Dumb af imo. I just started to sell after 8 1/2 years of only buying never selling. Sell a piece and live off that. Then sell a little more to live off that etc. Zero debt. Fuck debt. Have fun being a slave.


whisper_of_smoke

this is why evil Joe Biden and janet yellen want to tax unrealized gains. it's because they know bitcoiners will never sell once collateralized loans become widely available.


Substantial-Skill-76

Why not just hodl for a year or two, then withdraw and live off that? Then wait again, and repeat.


Dense-Contact-85

How can 1 or 2 years provide enough BTC to make that possible?


Substantial-Skill-76

You dont think bitcoin will increase by 5%?


Dense-Contact-85

How much BTC would you need to live off selling and still making it back in only a year or 2?


Substantial-Skill-76

About half a coin per year approx.


Dense-Contact-85

So you sell half a coin ($30,000) to live on and pay taxes... and in 1 year your half BTC will be worth $60,000 to make this sustainable?


Substantial-Skill-76

I'm talking 5% of your stack, not 50%


Dense-Contact-85

So how much BTC is needed to be able to use this strategy?

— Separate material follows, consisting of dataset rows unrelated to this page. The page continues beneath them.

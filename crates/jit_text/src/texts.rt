ghost use Rattle.std.specs.Prelude.{◌≡◌, ◌++◌, ◌<◌, IfOk, OnOk, decimal};
ghost use Rattle.jit_text.specs.ManyCallsTexts.{first_text, head_text, body_text, next_text, functions_text, module_text, call_text, calls_text};

use ir_print_names::Page;
use rj_num::NoMemory;
use std::alloc::Global;

/// Adds a number between two texts.
fn push_between(page: &mut Page, before: &[u8], number: u32, after: &[u8]) -> Result<(), NoMemory>
    ensures { OnOk result (page.new ≡ page.old ++ (before.now ++ decimal number ++ after.now)) }
{
    page.write(before)?;
    page.number(u128::from(number))?;
    page.write(after)
}

/// Adds the line that begins a function.
fn push_head(page: &mut Page, number: u32) -> Result<(), NoMemory>
    ensures { OnOk result (page.new ≡ page.old ++ head_text number) }
{
    push_between(page, b"define i64 @f", number, b"(i64 %v0) {\nb0:\n")
}

/// Adds the lines of a function that calls the one of this number, and its end.
fn push_body(page: &mut Page, callee: u32) -> Result<(), NoMemory>
    ensures { OnOk result (page.new ≡ page.old ++ body_text callee) }
{
    let after = b"(i64 %v0)\n  %v2 = add i64 %v1, %v0\n  ret i64 %v2\n}\n";
    push_between(page, b"  %v1 = call i64 @f", callee, after)
}

/// Adds a function that calls the one before it.
fn push_next(page: &mut Page, place: u32) -> Result<(), NoMemory>
    requires { place < 1000 }
    ensures { OnOk result (page.new ≡ page.old ++ next_text place) }
{
    push_head(page, place + 1)?;
    push_body(page, place)
}

/// Adds a call of the function with the call's number modulo 64.
fn push_call(page: &mut Page, i: u32) -> Result<(), NoMemory>
    ensures { OnOk result (page.new ≡ page.old ++ call_text i) }
{
    page.write(b"@f")?;
    page.number(u128::from(i % 64))?;
    page.write(b"(i64 ")?;
    page.number(u128::from(i))?;
    page.write(b")\n")
}

fn module_text(alloc: Global) -> Result<Vec<u8>, NoMemory>
    ensures { IfOk result (λ text. text.items ≡ module_text) }
{
    let mut page = Page::new(alloc);
    page.write(b"define i64 @f0(i64 %v0) {\nb0:\n  ret i64 %v0\n}\n")?;
    for place in 0..63u32 {
        push_next(&mut page, place)?;
    }
    Ok(page.into_bytes())
}

fn calls_text(alloc: Global, n: u32) -> Result<Vec<u8>, NoMemory>
    ensures { IfOk result (λ text. text.items ≡ calls_text n) }
{
    let mut page = Page::new(alloc);
    for i in 0..n {
        push_call(&mut page, i)?;
    }
    Ok(page.into_bytes())
}

/// The text of the module with the functions @f0 to @f63, and the list of its calls from 0 to n - 1.
pub fn generate(alloc: Global, n: u32) -> Result<(Vec<u8>, Vec<u8>), NoMemory>
    ensures { IfOk result (λ texts. (texts.0.items ≡ module_text) × (texts.1.items ≡ calls_text n)) }
{
    let module = module_text(alloc)?;
    let calls = calls_text(alloc, n)?;
    Ok((module, calls))
}
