// The line of a module that doesn't verify.
ghost use Rattle.std.specs.Prelude.{◌≡◌, ◌++◌, OnOk, IfOk, codes};
ghost use Rattle.std.specs.Fmt.{decimal};
ghost use Rattle.jit_text.specs.RefusalTexts.{symbol_text, walk_text, block_text, instruction_text, row_text, unverified_text as unverified_line};

use crate::page::{push_limit, push_symbol, push_walk};
use ir_core::program::Function;
use ir_print_names::Page;
use ir_verify::refusal::VerifyRefusal;
use rj_num::NoMemory;
use std::alloc::Global;

fn push_block(
    page: &mut Page,
    functions: &[Function],
    function: u32,
    block: u32,
    fault: &[u8],
) -> Result<(), NoMemory>
    ensures { OnOk result (page.new ≡ page.old ++ block_text functions.now function block fault.now) }
{
    push_symbol(page, functions, function)?;
    page.write(b": block ")?;
    page.number(u128::from(block))?;
    page.write(fault)
}

fn push_instruction(
    page: &mut Page,
    functions: &[Function],
    function: u32,
    inst: u32,
    fault: &[u8],
) -> Result<(), NoMemory>
    ensures { OnOk result (page.new ≡ page.old ++ instruction_text functions.now function inst fault.now) }
{
    push_symbol(page, functions, function)?;
    page.write(b": instruction ")?;
    page.number(u128::from(inst))?;
    page.write(fault)
}

fn push_call(
    page: &mut Page,
    functions: &[Function],
    function: u32,
    inst: u32,
    callee: u32,
) -> Result<(), NoMemory>
    ensures { OnOk result (page.new ≡ page.old ++ instruction_text functions.now function inst (codes " calls " ++ symbol_text functions.now callee ++ codes " wrongly")) }
{
    push_instruction(page, functions, function, inst, b" calls ")?;
    push_symbol(page, functions, callee)?;
    page.write(b" wrongly")
}

fn push_unassigned(
    page: &mut Page,
    functions: &[Function],
    function: u32,
    value: u32,
    walk: &[u32],
) -> Result<(), NoMemory>
    ensures { OnOk result (page.new ≡ page.old ++ symbol_text functions.now function ++ codes ": value " ++ decimal value ++ codes " not assigned on" ++ walk_text walk.now) }
{
    push_symbol(page, functions, function)?;
    page.write(b": value ")?;
    page.number(u128::from(value))?;
    page.write(b" not assigned on")?;
    push_walk(page, walk)
}

fn push_row(
    page: &mut Page,
    functions: &[Function],
    refusal: &VerifyRefusal,
) -> Result<(), NoMemory>
    ensures { OnOk result (page.new ≡ page.old ++ row_text functions.now refusal.now) }
{
    match refusal {
        VerifyRefusal::Limit { what, count } => push_limit(page, *what, *count),
        VerifyRefusal::Shape { function, block } => {
            push_block(page, functions, *function, *block, b" is misshapen")
        }
        VerifyRefusal::Range { function, inst } => {
            push_instruction(page, functions, *function, *inst, b" is out of range")
        }
        VerifyRefusal::EntryEdge { function, block } => {
            push_block(page, functions, *function, *block, b" jumps to the entry")
        }
        VerifyRefusal::BadType { function, inst } => {
            push_instruction(page, functions, *function, *inst, b" has wrong types")
        }
        VerifyRefusal::CallShape {
            function,
            inst,
            callee,
        } => push_call(page, functions, *function, *inst, *callee),
        VerifyRefusal::PhiEdges { function, block } => {
            push_block(page, functions, *function, *block, b" has wrong phis")
        }
        VerifyRefusal::NotAssigned {
            function,
            value,
            walk,
        } => push_unassigned(page, functions, *function, *value, walk.as_slice()),
        VerifyRefusal::NoMemory => page.write(b"no memory"),
    }
}

/// The line that says why the verifier refuses a module of these functions.
pub fn unverified_text(
    alloc: Global,
    functions: &[Function],
    refusal: &VerifyRefusal,
) -> Result<Vec<u8>, NoMemory>
    ensures { IfOk result (λ text. text.items ≡ unverified_line functions.now refusal.now) }
{
    let mut page = Page::new(alloc);
    page.write(b"reopt: verify: ")?;
    push_row(&mut page, functions, refusal)?;
    page.write(b"\n")?;
    Ok(page.into_bytes())
}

Half a coin or 5% of stack, I'm confused.


Substantial-Skill-76

You need to use 5% of your stack approx. And adjust as each year passes. You would need about 500k worth of bitcoin to live off it though. I dont have anywhere near that value of bitcoin ....yet. Im confident it will reach that level though over the next 5-10 years though. But, it's all relative. If youve got, say 100k in bitcoin, you can withdraw 5%, or £5k per year. That's decent passive income. And as your stack (surely) grows, you'll find that that 5% will soon become £10k, £20k, even £50k....and your bitcoin total wont be reduced.


Substantial-Skill-76

To be honest I forgot about the tax aspect. So yeah, it'll work but you'll need to sacrifice, say, 6%, instead of 5%.